Rでつなぐ次世代オミックス情報統合解析研究会@理研横浜

 2012年2月22日、統計ソフトRとオミクスデータ解析に関する研究会へ参加しに、横浜の理研に行ってきました。

 「バイオインフォマティクスで R はどのように使われているのか・・・よく知った人に教えてもらえ!」というのが、冒頭のご挨拶での世話人の福島敦史さんのお言葉。本当にいろいろと教えていただいてきました。


 大林武さん(東北大院)からは、R初心者のためのマイクロアレイ解析について。GEOなどの発現プロファイル公開データを扱う例を分かりやすくご教示いただきました。
 大林さんは、ご自身のウェブページで動植物の遺伝子共発現データベースを公開されています。公開データの活用法も遺伝子の共発現データベースも、私が強く関心を持つところです。どこかで時間を作って、この辺りのデータ解析の力を磨きたいものです。
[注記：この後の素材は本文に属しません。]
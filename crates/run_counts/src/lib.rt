//! What is counted in a run: of each thread, of each instruction, and of each link end. See docs/LOOK.md.
#![tactic(auto)]

mod counting;
mod links;
mod nodes;
mod places;
mod run;

pub use links::LinkCounts;
pub use nodes::NodeCounts;
pub use places::PlaceCounts;
pub use run::count_run;
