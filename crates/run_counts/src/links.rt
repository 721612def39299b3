//! `LinkCounts`, what is counted at the link ends of a node.
ghost use Rattle.std.specs.Prelude.{◌≡◌, ◌<◌};
ghost use Rattle.xs_base.specs.Numbers.{EndNumber};
ghost use Rattle.xs_base.specs.declared.numbers.TheConstants.{LINK_ENDS};
ghost use Rattle.profile_model.specs.Counts.{is_slot};
ghost use Rattle.run_counts.specs.Tallies.{AreZeros, HasRoom, CountsEnds};

use crate::counting::count_if;
use link_ends::EndState;
use xs_base::numbers::BUFFER_TOKENS;

/// What is counted at the link ends of a node, by number.
#[derive(Clone, Copy)]
pub struct LinkCounts {
    /// In how many slots it sent a token.
    pub tokens: [u64; 8],
    /// After how many of them it was without a credit.
    pub full: [u64; 8],
}

impl LinkCounts {
    /// Nothing.
    pub(crate) fn new() -> LinkCounts
        ensures tokens { AreZeros result.tokens }
        ensures full { AreZeros result.full }
    {
        LinkCounts {
            tokens: [0; 8],
            full: [0; 8],
        }
    }

    /// Counts a slot after which the link ends are so.
    pub(crate) fn count(&mut self, ends: &[EndState; 8], slot: u32)
        requires tokens { (e : EndNumber) → e < LINK_ENDS → HasRoom self.old.tokens e }
        requires full { (e : EndNumber) → e < LINK_ENDS → HasRoom self.old.full e }
        ensures counted { CountsEnds slot ends.now self.old self.new }
    {
        for e in 0..8 {
            count_if(&mut self.tokens, e, is_slot(slot, ends[e].last));
            count_if(&mut self.full, e, ends[e].window == BUFFER_TOKENS);
        }
    }
}

// Whether this is the slot.
fn is_slot(slot: u32, last: Option<u32>) -> bool
    ensures { result ≡ is_slot slot last }
{
    last == Some(slot)
}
 門田幸二さん(東大院)からは、NGS(次世代シークエンサー)由来塩基配列データの解析方法について。「(Rで)マイクロアレイデータ解析」「(Rで)塩基配列解析(主に次世代シーケンサーのデータ)」についてウェブ上に公開されているご本人から解説をいただけたことは、とても貴重な経験でした。M-Aプロットについての明快な説明も、改めて勉強になりました。

 さらに、二階堂愛さん(理研)からは「R+Bioconductorを使ったChIP-seqデータ解析」について。岩田洋佳さん(東大院)からは「Rを用いた量的形質のゲノムワイドアソシエーション(GWA)解析」について。
 生物の量的形質を支配する遺伝子座(quantitative trait loci: QTL)について、私は理解したくてもう少しで理解できそうで、しかしまだ理解し切れずにいます。今日の岩田さんのご講演内容を復習すると理解が進みそうなので、しっかりと復習しようと思います。

 このQTLの概念と大林さんのまとめられている共発現のような現象とは密接につながっていて、それが生体の環境応答や恒常性維持であるとか、生体内の反応調節系といったものの本質的な部分を表してくれるのではないかと、私は期待しています。

 最後に、株式会社ef-primeの鈴木了太さんから「R AnalyticFlowチュートリアル」について。これはデータ解析の流れを図示し、解析過程の再現や共有を容易にもするソフトウェアで、とても興味深いものでした。

 新しい発見あり、仲間との再会ありの幸せな1日でした。